A digital certificate is equivalent to an electronic ID card. It serves two purposes
- To establish the identity of the owner of the certificate
- To distribute the owner's public key
Certificates provide a way of authenticating users, referred to as authentication by trusted third parties. Instead of requiring each participant in an application to authenticate every user, third-party authentication relies on the use of certificates, electronic ID cards.
Certificates are issued by trusted parties, called certificate authorities (CA). These authorities can be commercial ventures or they can be local entities, depending on the requirements of your application. Regardless, the CA is trusted to adequately authenticate users before issuing certificates to them. Also, when a CA issues certificates, it digitally signs them. When a user presents a certificate, the recipient of the certificate validates it by using the digital signature.
If the digital signature validates the certificate, the certificate is known to be intact and authentic. Participants in an application need only to validate certificates; they do not need to authenticate users themselves.

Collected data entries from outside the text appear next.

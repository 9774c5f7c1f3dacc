//! Rows of message.

ghost use Rattle.std.specs.Prelude.{IfOk, IfErr};
ghost use Rattle.jm_format.specs.Messages.{IsWriteable};
ghost use Rattle.jm_tables.specs.Valid.{IsRecordOf};
ghost use Rattle.jm_decoding.specs.Decoded.{IsMessageOf, IsFaultOfRow};
ghost use Rattle.jm_decoding.specs.Readable.{IsReadableMessage, IsPersistentRecord};

use crate::columns::{bytes_at, natural_at};
use crate::fault::RowFault;
use jm_header::{DeliveryMode, Message};
use jm_record::{RecordFault, read_record};
use sqlite::Row;
use std::alloc::Global;

/// What a row of message stands for.
#[derive(Debug, Drop)]
pub struct MessageRow {
    /// The place of the message, from 1 to 9,223,372,036,854,775,807.
    pub place: u64,
    /// The message, whose body and properties may be written.
    pub message: Message,
}

/// The PERSISTENT message of which the bytes are the record. `Damaged` where they are that of none; `Memory` where a request for
/// memory was refused, which may come in place of it.
fn persistent_message(alloc: Global, bytes: &[u8]) -> Result<Message, RowFault>
    ensures ok { IfOk result (λ message. IsRecordOf message bytes.now) }
    ensures fresh { IfOk result IsWriteable }
    ensures err { IfErr result (IsFaultOfRow (IsPersistentRecord bytes.now)) }
{
    let message = match read_record(alloc, bytes) {
        Ok(message) => message,
        Err(RecordFault::Damaged { .. }) => return Err(RowFault::Damaged),
        Err(RecordFault::Memory) => return Err(RowFault::Memory),
    };
    match message.mode() {
        DeliveryMode::Persistent => Ok(message),
        DeliveryMode::NonPersistent => Err(RowFault::Damaged),
    }
}

/// What the row stands for, which has the columns of message at their indexes in the tree of the table (ours): place, which is
/// the rowid, at 0, and record at 2. `Damaged` where place is no whole number above 0, or record is not the record of a PERSISTENT
/// message in a blob; `Memory` where a request for memory was refused, which may come in place of a damage of the record.
pub fn message_of(alloc: Global, row: &Row) -> Result<MessageRow, RowFault>
    ensures ok { IfOk result (IsMessageOf row.now) }
    ensures err { IfErr result (IsFaultOfRow (IsReadableMessage row.now)) }
{
    let place = natural_at(row, 0)?;
    if place == 0 {
        return Err(RowFault::Damaged);
    }
    let message = persistent_message(alloc, bytes_at(row, 2)?)?;
    Ok(MessageRow { place, message })
}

The fact that a user can present a valid certificate proves that the CA has authenticated the user. The descriptor trusted third-party indicates that the system relies on the trustworthiness of the CA.
What are digital certificates?
Digital certificates are primarily used to authenticate communication over the Internet. There are three categories of digital certificates. Web Server Certificates, Developer Certificates and Personal Certificates:
- Web Server Certificates: These are the electronic equivalent of a business license. It assures potential customers that the site they are visiting is a legitimate business.
- Developer Certificates: These certificates enable developers to sign software and macros and deliver them safely to customers over the Internet. The customer can be confident that the software or macros are legitimate.
- Personal Certificates: These certificates secures e-mail conversations and access to corporate web servers.
For simplicity purposes, this paper will focus primarily on Personal Digital Certificates, which are used primarily to authenticate e-mail communication. Personal certificates are like a driver’s license or a passport. They are both provided to you by a trusted source. When you show this as proof of identity to someone else, it gives them confidence they are dealing with the real you. For a company, certificates are similar to a business license in that they validate a business is legitimate.
If Sue sees a signed icon in an e-mail message she receives from Joe, she can be assured that the e-mail is actually from Joe. Personal digital certificates provide assurance that the person or entity sending the e-mail is who they say they are. Digital certificates allow one to have confidence that the person or company with whom they are communicating is indeed who they claim to be.
When used in combination with encryption (this ability comes with the certificate), certificates provide additional assurance that only the intended party can access the data and that the data will not be compromised en route. Digital certificates allow applications like e-mail, online trading, and credit card purchasing to be conducted in a secure environment.
The most secure use of authentication involves enclosing one or more certificates with every signed message. The receiver of the message verifies the certificate using the certifying authority's public key and, now confident of the public key of the sender, verifies the message's signature. There may be two or more certificates enclosed with the message, forming a hierarchical certificate chain, wherein one certificate testifies to the authenticity of the previous certificate.
At the end of a certificate hierarchy is a top-level certifying authority, which is trusted without a certificate from any other certifying authority. The public key of the top-level certifying authority must be independently known, for example, by being widely published.